(Data records)
********

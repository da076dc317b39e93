//! Whose tables a connection has.

ghost use Rattle.std.specs.Prelude.{◌≡◌, ◌↔◌, false, IfOk, IsTrue, OnOk};
ghost use Rattle.sqlite.specs.Held.{state};
ghost use Rattle.sqlite.specs.State.{HasCleanDisk};
ghost use Rattle.sql_rows.specs.Schema.{no_tables, schema_of};

use crate::about::create_tables;
use crate::same::same_schema;
use crate::service::Service;
use sqlite::{Alter, Connection, Error};
use std::alloc::Global;

/// Whether there are no tables yet.
pub fn has_no_tables<S: Alter>(conn: &Connection<S>) -> bool
    ensures { IsTrue result ↔ ((state S.Store conn.now).now.schema ≡ no_tables) }
{
    let schema = conn.schema();
    // A file with an index or a view alone is another's too.
    schema.tables.is_empty() && schema.indexes.is_empty() && schema.views.is_empty()
}

/// Makes the tables of a service, and commits them.
fn make_tables<S: Alter>(conn: &mut Connection<S>, service: Service) -> Result<(), Error>
    requires none { HasCleanDisk (state S.Store conn.old) → (state S.Store conn.old).now.schema ≡ no_tables }
    requires autocommit { conn.old.in_transaction ≡ false }
    ensures ok { HasCleanDisk (state S.Store conn.new)
        → OnOk result ((state S.Store conn.new).now.schema ≡ schema_of service) }
{
    let mut tx = conn.transaction();
    create_tables(&mut tx, service)?;
    tx.commit()
}

/// Whether the tables are those of this service, each with the name, columns, keys and rules that it is made with.
pub fn has_tables<S: Alter>(
    alloc: Global,
    conn: &Connection<S>,
    service: Service,
) -> Result<bool, Error>
    ensures { IfOk result (λ has. IsTrue has → (state S.Store conn.now).now.schema ≡ schema_of service) }
{
    // The tables are made in memory and compared: so no second text says what they have to be.
    let mut made = Connection::open_in_memory(alloc)?;
    make_tables(&mut made, service)?;
    Ok(same_schema(conn.schema(), made.schema()))
}
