//! The partners of an order, one after another.

ghost use Rattle.std.specs.Prelude.{◌≡◌, ◌≢◌, [], ◌++◌, true, IfOk, OnOk, OnErr};
ghost use Rattle.trade.specs.Items.{are_numbers};
ghost use Rattle.trade.specs.Orders.{awaits, with_phase, all_tentative, all_in, to_all, to_others, requests};
ghost use Rattle.trade.specs.Orders.{partners_of};
ghost use Rattle.purchasing.specs.Parts.Partners.{names, stands_in, are_stocks_then_account, are_partners};

use crate::Partner;
use activities::{Outs, Phase};
use base::limits::MAX_LINES;
use base::{Entity, Key, Kind, Number};
use envelope::Message;
use std::alloc::{AllocError, Global};
use trade::Item;

/// Whether one of these partners is this entity.
fn stands_in(entity: &Entity, partners: &[Partner]) -> bool
    ensures { result ≡ stands_in entity.now (names partners.now) }
{
    for partner in partners {
        if partner.is(entity) {
            return true;
        }
    }
    false
}

/// Whether they are stocks, each once, and then one account.
fn are_stocks_then_account(partners: &[Partner]) -> bool
    ensures { result ≡ are_stocks_then_account (names partners.now) }
{
    let mut rest = partners;
    while let Some((first, others)) = rest.split_first() {
        if others.is_empty() {
            return first.entity().kind() == Kind::Account;
        }
        if first.entity().kind() != Kind::Stock || stands_in(first.entity(), others) {
            return false;
        }
        rest = others;
    }
    false
}

/// Whether they are one to eight stocks, each once, and then one account.
pub(crate) fn are_partners(partners: &[Partner]) -> bool
    ensures { result ≡ are_partners (names partners.now) }
{
    // One more than lines: the account.
    1 < partners.len() && partners.len() <= MAX_LINES + 1 && are_stocks_then_account(partners)
}

/// Equal partners, in the same order.
pub(crate) fn copy_all(alloc: Global, partners: &[Partner]) -> Result<Vec<Partner>, AllocError>
    ensures { IfOk result (λ l. l.items ≡ partners.now) }
{
    let mut copies = Vec::with_capacity(alloc, partners.len())?;
    for partner in partners {
        copies.push(partner.copy(alloc)?)?;
    }
    Ok(copies)
}

/// The partners that a new order is to ask: a stock for each item, and the account.
pub(crate) fn to_ask(
    alloc: Global,
    items: &[Item],
    account: &Key,
    amount: Number,
) -> Result<Vec<Partner>, AllocError>
    requires numbers { are_numbers items.now ≡ true }
    ensures { IfOk result (λ l. l.items ≡ partners_of items.now account.now amount) }
{
    let mut partners = Vec::new(alloc);
    for item in items {
        let Some(quantity) = Number::new(item.quantity) else {
            // `place` has tested all numbers.
            unreachable!()
        };
        let stock = Entity::new(alloc, Kind::Stock, &item.stock)?;
        partners.push(Partner::new(stock, quantity, Phase::Requested))?;
    }
    let account = Entity::new(alloc, Kind::Account, account)?;
    partners.push(Partner::new(account, amount, Phase::Requested))?;
    Ok(partners)
}

/// Whether the sender is a partner that was asked and hasn't answered.
pub(crate) fn awaits(partners: &[Partner], sender: &Entity) -> bool
    ensures { result ≡ awaits sender.now partners.now }
{
    for partner in partners {
        if partner.is(sender) {
            // Each partner is there once, so no other need be looked at.
            return partner.is_requested();
        }
    }
    false
}

/// Whether each is tentative once the sender is.
pub(crate) fn waits_for_no_other(partners: &[Partner], sender: &Entity) -> bool
    ensures { result ≡ all_tentative (with_phase sender.now Phase.Tentative partners.now) }
{
    let mut is_found = false;
    for partner in partners {
        // The sender's own phase isn't tentative yet: it's set only where others are waited for.
        if !is_found && partner.is(sender) {
            is_found = true;
        } else if !partner.is_tentative() {
            return false;
        }
    }
    true
}

/// Asks each for its number: all of them, or none if an allocation fails.
pub(crate) fn request(
    alloc: Global,
    partners: &[Partner],
    outs: &mut Outs,
) -> Result<(), AllocError>
    ensures ok { OnOk result (outs.new ≡ outs.old ++ requests partners.now) }
    ensures err { OnErr result (outs.new ≡ outs.old) }
{
    let before = outs.as_slice().len();
    for partner in partners {
        if let Err(refused) = outs.tell(
            alloc,
            partner.entity(),
            Message::Request(partner.number()),
        ) {
            // All or none: no partner may be asked for an order that isn't placed.
            outs.truncate(before);
            return Err(refused);
        }
    }
    Ok(())
}

/// Sends a message to each partner: to all of them, or to none if an allocation fails.
pub(crate) fn tell_all(
    alloc: Global,
    partners: &[Partner],
    message: &Message,
    outs: &mut Outs,
) -> Result<(), AllocError>
    ensures ok { OnOk result (outs.new ≡ outs.old ++ to_all message.now partners.now) }
    ensures err { OnErr result (outs.new ≡ outs.old) }
    ensures sends { OnErr result (to_all message.now partners.now ≢ []) }
{
    let before = outs.as_slice().len();
    for partner in partners {
        if let Err(refused) = outs.tell(alloc, partner.entity(), *message) {
            outs.truncate(before);
            return Err(refused);
        }
    }
    Ok(())
}

/// Sends a message to each partner but the sender: to all of them, or to none if an allocation fails.
pub(crate) fn tell_others(
    alloc: Global,
    partners: &[Partner],
    sender: &Entity,
    message: &Message,
    outs: &mut Outs,
) -> Result<(), AllocError>
    ensures ok { OnOk result (outs.new ≡ outs.old ++ to_others sender.now message.now partners.now) }
    ensures err { OnErr result (outs.new ≡ outs.old) }
    ensures sends { OnErr result (to_others sender.now message.now partners.now ≢ []) }
{
    let before = outs.as_slice().len();
    for partner in partners {
        if partner.is(sender) {
            continue;
        }
        if let Err(refused) = outs.tell(alloc, partner.entity(), *message) {
            outs.truncate(before);
            return Err(refused);
        }
    }
    Ok(())
}

/// The partner that sent something is in this phase from now on.
pub(crate) fn set_phase(partners: &mut [Partner], sender: &Entity, phase: Phase)
    ensures { partners.new ≡ with_phase sender.now phase partners.old }
{
    for index in 0..partners.len() {
        if partners[index].is(sender) {
            partners[index].set_phase(phase);
            return;
        }
    }
}

/// All are in this phase from now on.
pub(crate) fn set_all(partners: &mut [Partner], phase: Phase)
    ensures { partners.new ≡ all_in phase partners.old }
{
    for partner in partners.iter_mut() {
        partner.set_phase(phase);
    }
}
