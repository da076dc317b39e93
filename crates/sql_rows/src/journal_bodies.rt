//! The journal's bodies, which a transaction reads and writes anew.

ghost use Rattle.std.specs.Prelude.{◌≡◌, OnOk, IfOk, IsTrue, filter};
ghost use Rattle.sqlite.specs.Effect.{IsDatabase};
ghost use Rattle.sqlite.specs.Held.{state};
ghost use Rattle.sqlite.specs.State.{HasCleanDisk, IsUnchanged, KeepsCommit, Survives};
ghost use Rattle.sqlite.specs.declared.types.Value.TheVariants.{Int};
ghost use Rattle.sqlite_sql.specs.Query.{as_count};
ghost use Rattle.sql_rows.specs.FirstVersion.{Rebodies};
ghost use Rattle.sql_rows.specs.Schema.{IsService};
ghost use Rattle.sql_rows.specs.Tables.{AreInOrder, Edits, IsRising, by_position, is_from, shown_entry};

use crate::statements::{int, read_inside, text, write};
use sqlite::{Alter, Error, Row, Transaction};

/// The first rows from a position on, as the transaction sees them.
pub fn read_journal_inside<S: Alter>(
    tx: &mut Transaction<'_, S>,
    from: i64,
    limit: i64,
) -> Result<Vec<Row>, Error>
    requires schema { HasCleanDisk (state S.Store tx.old.conn.now)
        → IsService (state S.Store tx.old.conn.now).now.schema }
    ensures same_reference { tx.new.conn.ghost_name ≡ tx.old.conn.ghost_name }
    ensures rows { HasCleanDisk (state S.Store tx.new.conn.now) → IfOk result (λ rows.
        AreInOrder by_position (as_count (Int limit)) shown_entry
        (filter (is_from from) ((state S.Store tx.old.conn.now).now.trees 0)) rows.items) }
    ensures ok { HasCleanDisk (state S.Store tx.new.conn.now)
        → OnOk result (IsUnchanged (state S.Store tx.old.conn.now) (state S.Store tx.new.conn.now)) }
    ensures kept { HasCleanDisk (state S.Store tx.new.conn.now)
        → KeepsCommit (state S.Store tx.old.conn.now) (state S.Store tx.new.conn.now) }
    ensures survives { Survives (state S.Store tx.old.conn.now) (state S.Store tx.new.conn.now) (λ _. ⊥) }
{
    read_inside(
        tx,
        "SELECT pos, entity, seat, sender, number, body FROM journal WHERE pos >= ?1 ORDER BY pos \
         LIMIT ?2",
        &[int(from), int(limit)],
    )
}

/// Gives the row at a position another body; nothing happens where there is no row. That each row has what its columns
/// take, as those of a sound database do, is why none of its other values is converted.
pub fn set_body<S: Alter>(
    tx: &mut Transaction<'_, S>,
    position: i64,
    body: &str,
) -> Result<usize, Error>
    requires schema { HasCleanDisk (state S.Store tx.old.conn.now)
        → IsService (state S.Store tx.old.conn.now).now.schema }
    requires rising { HasCleanDisk (state S.Store tx.old.conn.now)
        → IsRising ((state S.Store tx.old.conn.now).now.trees 0) }
    requires inside { HasCleanDisk (state S.Store tx.old.conn.now)
        → IsTrue (state S.Store tx.old.conn.now).in_transaction }
    requires sound { HasCleanDisk (state S.Store tx.old.conn.now) → IsDatabase (state S.Store tx.old.conn.now).now }
    ensures same_reference { tx.new.conn.ghost_name ≡ tx.old.conn.ghost_name }
    ensures ok { HasCleanDisk (state S.Store tx.new.conn.now) → OnOk result (Edits 0
        (Rebodies position body.now)
        (state S.Store tx.old.conn.now) (state S.Store tx.new.conn.now)) }
    ensures kept { HasCleanDisk (state S.Store tx.new.conn.now)
        → KeepsCommit (state S.Store tx.old.conn.now) (state S.Store tx.new.conn.now) }
    ensures survives { Survives (state S.Store tx.old.conn.now) (state S.Store tx.new.conn.now) (λ _. ⊥) }
{
    // Row by row: the kit's SQL has no functions for JSON, so no statement could rewrite all bodies.
    write(
        tx,
        "UPDATE journal SET body = ?2 WHERE pos = ?1",
        &[int(position), text(body)],
    )
}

********

Instructions for the task
Retype word for word the line above with "result (Edits 0" and all lines after it, nothing else.

Response
    ensures ok { HasCleanDisk (state S.Store tx.new.conn.now) → OnOk result (Edits 0
        (Rebodies position body.now)
        (state S.Store tx.old.conn.now) (state S.Store tx.new.conn.now)) }
    ensures kept { HasCleanDisk (state S.Store tx.new.conn.now)
        → KeepsCommit (state S.Store tx.old.conn.now) (state S.Store tx.new.conn.now) }
    ensures survives { Survives (state S.Store tx.old.conn.now) (state S.Store tx.new.conn.now) (λ _. ⊥) }
{
    // Row by row: the kit's SQL has no functions for JSON, so no statement could rewrite all bodies.
    write(
        tx,
        "UPDATE journal SET body = ?2 WHERE pos = ?1",
        &[int(position), text(body)],
    )
}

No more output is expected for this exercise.